:: DATA TO PROCESS

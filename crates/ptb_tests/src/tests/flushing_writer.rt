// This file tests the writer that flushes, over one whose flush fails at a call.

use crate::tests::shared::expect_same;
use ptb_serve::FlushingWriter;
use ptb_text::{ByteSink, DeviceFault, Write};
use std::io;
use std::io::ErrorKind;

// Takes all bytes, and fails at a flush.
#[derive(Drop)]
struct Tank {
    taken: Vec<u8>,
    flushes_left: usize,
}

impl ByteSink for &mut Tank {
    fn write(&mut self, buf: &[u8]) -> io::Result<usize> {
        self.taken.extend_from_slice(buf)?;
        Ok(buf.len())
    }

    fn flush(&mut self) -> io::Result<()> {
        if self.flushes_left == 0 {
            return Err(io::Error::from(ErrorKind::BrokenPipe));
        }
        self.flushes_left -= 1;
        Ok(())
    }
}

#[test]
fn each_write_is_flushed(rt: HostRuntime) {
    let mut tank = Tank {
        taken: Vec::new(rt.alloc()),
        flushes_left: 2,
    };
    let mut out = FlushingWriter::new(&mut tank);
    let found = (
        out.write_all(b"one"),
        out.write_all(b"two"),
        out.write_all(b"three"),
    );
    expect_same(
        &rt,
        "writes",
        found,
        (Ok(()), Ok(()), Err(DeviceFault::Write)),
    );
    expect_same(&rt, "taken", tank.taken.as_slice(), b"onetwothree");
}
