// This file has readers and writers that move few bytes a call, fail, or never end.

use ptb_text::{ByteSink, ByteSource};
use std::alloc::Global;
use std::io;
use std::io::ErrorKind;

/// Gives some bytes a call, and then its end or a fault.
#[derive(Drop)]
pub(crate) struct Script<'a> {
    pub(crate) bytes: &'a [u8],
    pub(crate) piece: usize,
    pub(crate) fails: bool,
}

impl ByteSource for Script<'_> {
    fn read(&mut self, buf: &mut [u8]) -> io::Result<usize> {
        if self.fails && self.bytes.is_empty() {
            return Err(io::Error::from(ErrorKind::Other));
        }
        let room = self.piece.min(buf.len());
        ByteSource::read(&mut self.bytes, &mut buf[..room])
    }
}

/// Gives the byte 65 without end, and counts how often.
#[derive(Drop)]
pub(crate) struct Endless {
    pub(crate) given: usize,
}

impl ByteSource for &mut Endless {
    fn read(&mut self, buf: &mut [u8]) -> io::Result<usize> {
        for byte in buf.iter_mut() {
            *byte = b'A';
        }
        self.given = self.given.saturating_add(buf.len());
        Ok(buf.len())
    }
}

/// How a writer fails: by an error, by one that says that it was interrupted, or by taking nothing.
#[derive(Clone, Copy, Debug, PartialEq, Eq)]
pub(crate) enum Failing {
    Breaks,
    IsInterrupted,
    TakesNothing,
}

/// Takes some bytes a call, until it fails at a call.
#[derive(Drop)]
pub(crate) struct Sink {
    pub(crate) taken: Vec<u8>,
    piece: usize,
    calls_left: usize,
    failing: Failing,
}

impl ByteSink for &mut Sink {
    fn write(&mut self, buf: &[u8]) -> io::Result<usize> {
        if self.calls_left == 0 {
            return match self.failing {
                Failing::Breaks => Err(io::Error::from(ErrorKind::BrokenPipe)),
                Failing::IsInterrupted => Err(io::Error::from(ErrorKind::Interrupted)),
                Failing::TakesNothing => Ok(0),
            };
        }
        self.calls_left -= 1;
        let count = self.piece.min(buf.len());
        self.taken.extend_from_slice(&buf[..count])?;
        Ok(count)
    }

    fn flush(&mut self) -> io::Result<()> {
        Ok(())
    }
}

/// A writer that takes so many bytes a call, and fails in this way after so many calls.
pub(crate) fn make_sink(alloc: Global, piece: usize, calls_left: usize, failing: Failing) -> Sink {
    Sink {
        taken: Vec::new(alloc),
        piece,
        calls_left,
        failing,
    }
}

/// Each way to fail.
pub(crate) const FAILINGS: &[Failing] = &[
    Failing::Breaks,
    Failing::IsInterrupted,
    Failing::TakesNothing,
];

::::

#### PROBLEM:
Reproduce the records above exactly, character for character.

#### ANSWER SPACE:
filename crates/ptb_tests/src/tests/flushing_writer.rt
// This file tests the writer that flushes, over one whose flush fails at a call.

use crate::tests::shared::expect_same;
use ptb_serve::FlushingWriter;
use ptb_text::{ByteSink, DeviceFault, Write};
use std::io;
use std::io::ErrorKind;

// Takes all bytes, and fails at a flush.
#[derive(Drop)]
struct Tank {
    taken: Vec<u8>,
    flushes_left: usize,
}

impl ByteSink for &mut Tank {
    fn write(&mut self, buf: &[u8]) -> io::Result<usize> {
        self.taken.extend_from_slice(buf)?;
        Ok(buf.len())
    }

    fn flush(&mut self) -> io::Result<()> {
        if self.flushes_left == 0 {
            return Err(io::Error::from(ErrorKind::BrokenPipe));
        }
        self.flushes_left -= 1;
        Ok(())
    }
}

#[test]
fn each_write_is_flushed(rt: HostRuntime) {
    let mut tank = Tank {
        taken: Vec::new(rt.alloc()),
        flushes_left: 2,
    };
    let mut out = FlushingWriter::new(&mut tank);
    let found = (
        out.write_all(b"one"),
        out.write_all(b"two"),
        out.write_all(b"three"),
    );
    expect_same(
        &rt,
        "writes",
        found,
        (Ok(()), Ok(()), Err(DeviceFault::Write)),
    );
    expect_same(&rt, "taken", tank.taken.as_slice(), b"onetwothree");
}
// This file has readers and writers that move few bytes a call, fail, or never end.

use ptb_text::{ByteSink, ByteSource};
use std::alloc::Global;
use std::io;
use std::io::ErrorKind;

/// Gives some bytes a call, and then its end or a fault.
#[derive(Drop)]
pub(crate) struct Script<'a> {
    pub(crate) bytes: &'a [u8],
    pub(crate) piece: usize,
    pub(crate) fails: bool,
}

impl ByteSource for Script<'_> {
    fn read(&mut self, buf: &mut [u8]) -> io::Result<usize> {
        if self.fails && self.bytes.is_empty() {
            return Err(io::Error::from(ErrorKind::Other));
        }
        let room = self.piece.min(buf.len());
        ByteSource::read(&mut self.bytes, &mut buf[..room])
    }
}

/// Gives the byte 65 without end, and counts how often.
#[derive(Drop)]
pub(crate) struct Endless {
    pub(crate) given: usize,
}

impl ByteSource for &mut Endless {
    fn read(&mut self, buf: &mut [u8]) -> io::Result<usize> {
        for byte in buf.iter_mut() {
            *byte = b'A';
        }
        self.given = self.given.saturating_add(buf.len());
        Ok(buf.len())
    }
}

/// How a writer fails: by an error, by one that says that it was interrupted, or by taking nothing.
#[derive(Clone, Copy, Debug, PartialEq, Eq)]
pub(crate) enum Failing {
    Breaks,
    IsInterrupted,
    TakesNothing,
}

/// Takes some bytes a call, until it fails at a call.
#[derive(Drop)]
pub(crate) struct Sink {
    pub(crate) taken: Vec<u8>,
    piece: usize,
    calls_left: usize,
    failing: Failing,
}

impl ByteSink for &mut Sink {
    fn write(&mut self, buf: &[u8]) -> io::Result<usize> {
        if self.calls_left == 0 {
            return match self.failing {
                Failing::Breaks => Err(io::Error::from(ErrorKind::BrokenPipe)),
                Failing::IsInterrupted => Err(io::Error::from(ErrorKind::Interrupted)),
                Failing::TakesNothing => Ok(0),
            };
        }
        self.calls_left -= 1;
        let count = self.piece.min(buf.len());
        self.taken.extend_from_slice(&buf[..count])?;
        Ok(count)
    }

    fn flush(&mut self) -> io::Result<()> {
        Ok(())
    }
}

/// A writer that takes so many bytes a call, and fails in this way after so many calls.
pub(crate) fn make_sink(alloc: Global, piece: usize, calls_left: usize, failing: Failing) -> Sink {
    Sink {
        taken: Vec::new(alloc),
        piece,
        calls_left,
        failing,
    }
}

/// Each way to fail.
pub(crate) const FAILINGS: &[Failing] = &[
    Failing::Breaks,
    Failing::IsInterrupted,
    Failing::TakesNothing,
];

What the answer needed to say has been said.